TASK DIRECTIONS
The response has to be every entry, printed word for word.

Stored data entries
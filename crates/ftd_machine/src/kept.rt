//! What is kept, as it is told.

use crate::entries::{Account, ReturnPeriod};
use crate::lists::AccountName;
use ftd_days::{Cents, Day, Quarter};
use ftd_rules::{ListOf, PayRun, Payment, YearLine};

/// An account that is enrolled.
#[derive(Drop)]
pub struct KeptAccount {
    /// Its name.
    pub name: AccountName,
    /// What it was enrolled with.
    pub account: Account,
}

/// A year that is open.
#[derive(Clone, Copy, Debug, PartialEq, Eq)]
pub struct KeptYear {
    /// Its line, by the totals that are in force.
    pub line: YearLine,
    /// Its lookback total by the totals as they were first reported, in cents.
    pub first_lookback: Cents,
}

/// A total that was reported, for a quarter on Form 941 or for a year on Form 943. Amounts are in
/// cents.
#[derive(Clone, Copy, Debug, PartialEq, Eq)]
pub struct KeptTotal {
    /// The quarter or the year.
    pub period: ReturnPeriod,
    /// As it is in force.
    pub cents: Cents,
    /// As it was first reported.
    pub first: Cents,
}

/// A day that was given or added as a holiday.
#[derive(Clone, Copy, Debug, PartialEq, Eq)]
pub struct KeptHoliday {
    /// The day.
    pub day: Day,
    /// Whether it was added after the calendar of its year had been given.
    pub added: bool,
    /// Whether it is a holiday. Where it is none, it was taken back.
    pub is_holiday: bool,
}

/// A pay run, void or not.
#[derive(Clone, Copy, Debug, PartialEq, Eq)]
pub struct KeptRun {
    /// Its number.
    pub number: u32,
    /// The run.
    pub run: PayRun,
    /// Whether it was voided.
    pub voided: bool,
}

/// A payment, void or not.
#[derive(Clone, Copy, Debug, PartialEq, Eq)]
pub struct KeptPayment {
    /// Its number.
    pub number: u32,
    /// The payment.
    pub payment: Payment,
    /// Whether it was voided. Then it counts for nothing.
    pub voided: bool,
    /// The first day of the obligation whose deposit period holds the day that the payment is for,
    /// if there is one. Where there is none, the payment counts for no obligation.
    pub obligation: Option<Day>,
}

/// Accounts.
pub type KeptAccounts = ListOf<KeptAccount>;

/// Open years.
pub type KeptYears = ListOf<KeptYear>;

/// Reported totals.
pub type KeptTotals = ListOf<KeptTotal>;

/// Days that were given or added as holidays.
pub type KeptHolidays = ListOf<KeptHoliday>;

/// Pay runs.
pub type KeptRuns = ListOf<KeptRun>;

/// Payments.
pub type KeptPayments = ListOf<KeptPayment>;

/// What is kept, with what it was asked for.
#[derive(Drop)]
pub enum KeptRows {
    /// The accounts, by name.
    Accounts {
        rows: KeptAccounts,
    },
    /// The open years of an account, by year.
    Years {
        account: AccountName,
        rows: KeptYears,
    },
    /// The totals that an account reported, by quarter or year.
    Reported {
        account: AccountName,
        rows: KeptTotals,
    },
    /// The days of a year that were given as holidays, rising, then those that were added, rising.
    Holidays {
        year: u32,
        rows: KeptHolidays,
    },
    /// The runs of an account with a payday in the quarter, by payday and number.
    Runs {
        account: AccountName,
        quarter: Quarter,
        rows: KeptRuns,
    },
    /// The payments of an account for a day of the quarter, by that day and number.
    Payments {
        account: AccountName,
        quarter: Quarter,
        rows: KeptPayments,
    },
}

WRITTEN ANSWER
filename crates/ftd_machine/src/kept.rt
//! What is kept, as it is told.

use crate::entries::{Account, ReturnPeriod};
use crate::lists::AccountName;
use ftd_days::{Cents, Day, Quarter};
use ftd_rules::{ListOf, PayRun, Payment, YearLine};

/// An account that is enrolled.
#[derive(Drop)]
pub struct KeptAccount {
    /// Its name.
    pub name: AccountName,
    /// What it was enrolled with.
    pub account: Account,
}

/// A year that is open.
#[derive(Clone, Copy, Debug, PartialEq, Eq)]
pub struct KeptYear {
    /// Its line, by the totals that are in force.
    pub line: YearLine,
    /// Its lookback total by the totals as they were first reported, in cents.
    pub first_lookback: Cents,
}

/// A total that was reported, for a quarter on Form 941 or for a year on Form 943. Amounts are in
/// cents.
#[derive(Clone, Copy, Debug, PartialEq, Eq)]
pub struct KeptTotal {
    /// The quarter or the year.
    pub period: ReturnPeriod,
    /// As it is in force.
    pub cents: Cents,
    /// As it was first reported.
    pub first: Cents,
}

/// A day that was given or added as a holiday.
#[derive(Clone, Copy, Debug, PartialEq, Eq)]
pub struct KeptHoliday {
    /// The day.
    pub day: Day,
    /// Whether it was added after the calendar of its year had been given.
    pub added: bool,
    /// Whether it is a holiday. Where it is none, it was taken back.
    pub is_holiday: bool,
}

/// A pay run, void or not.
#[derive(Clone, Copy, Debug, PartialEq, Eq)]
pub struct KeptRun {
    /// Its number.
    pub number: u32,
    /// The run.
    pub run: PayRun,
    /// Whether it was voided.
    pub voided: bool,
}

/// A payment, void or not.
#[derive(Clone, Copy, Debug, PartialEq, Eq)]
pub struct KeptPayment {
    /// Its number.
    pub number: u32,
    /// The payment.
    pub payment: Payment,
    /// Whether it was voided. Then it counts for nothing.
    pub voided: bool,
    /// The first day of the obligation whose deposit period holds the day that the payment is for,
    /// if there is one. Where there is none, the payment counts for no obligation.
    pub obligation: Option<Day>,
}

/// Accounts.
pub type KeptAccounts = ListOf<KeptAccount>;

/// Open years.
pub type KeptYears = ListOf<KeptYear>;

/// Reported totals.
pub type KeptTotals = ListOf<KeptTotal>;

/// Days that were given or added as holidays.
pub type KeptHolidays = ListOf<KeptHoliday>;

/// Pay runs.
pub type KeptRuns = ListOf<KeptRun>;

/// Payments.
pub type KeptPayments = ListOf<KeptPayment>;

/// What is kept, with what it was asked for.
#[derive(Drop)]
pub enum KeptRows {
    /// The accounts, by name.
    Accounts {
        rows: KeptAccounts,
    },
    /// The open years of an account, by year.
    Years {
        account: AccountName,
        rows: KeptYears,
    },
    /// The totals that an account reported, by quarter or year.
    Reported {
        account: AccountName,
        rows: KeptTotals,
    },
    /// The days of a year that were given as holidays, rising, then those that were added, rising.
    Holidays {
        year: u32,
        rows: KeptHolidays,
    },
    /// The runs of an account with a payday in the quarter, by payday and number.
    Runs {
        account: AccountName,
        quarter: Quarter,
        rows: KeptRuns,
    },
    /// The payments of an account for a day of the quarter, by that day and number.
    Payments {
        account: AccountName,
        quarter: Quarter,
        rows: KeptPayments,
    },
}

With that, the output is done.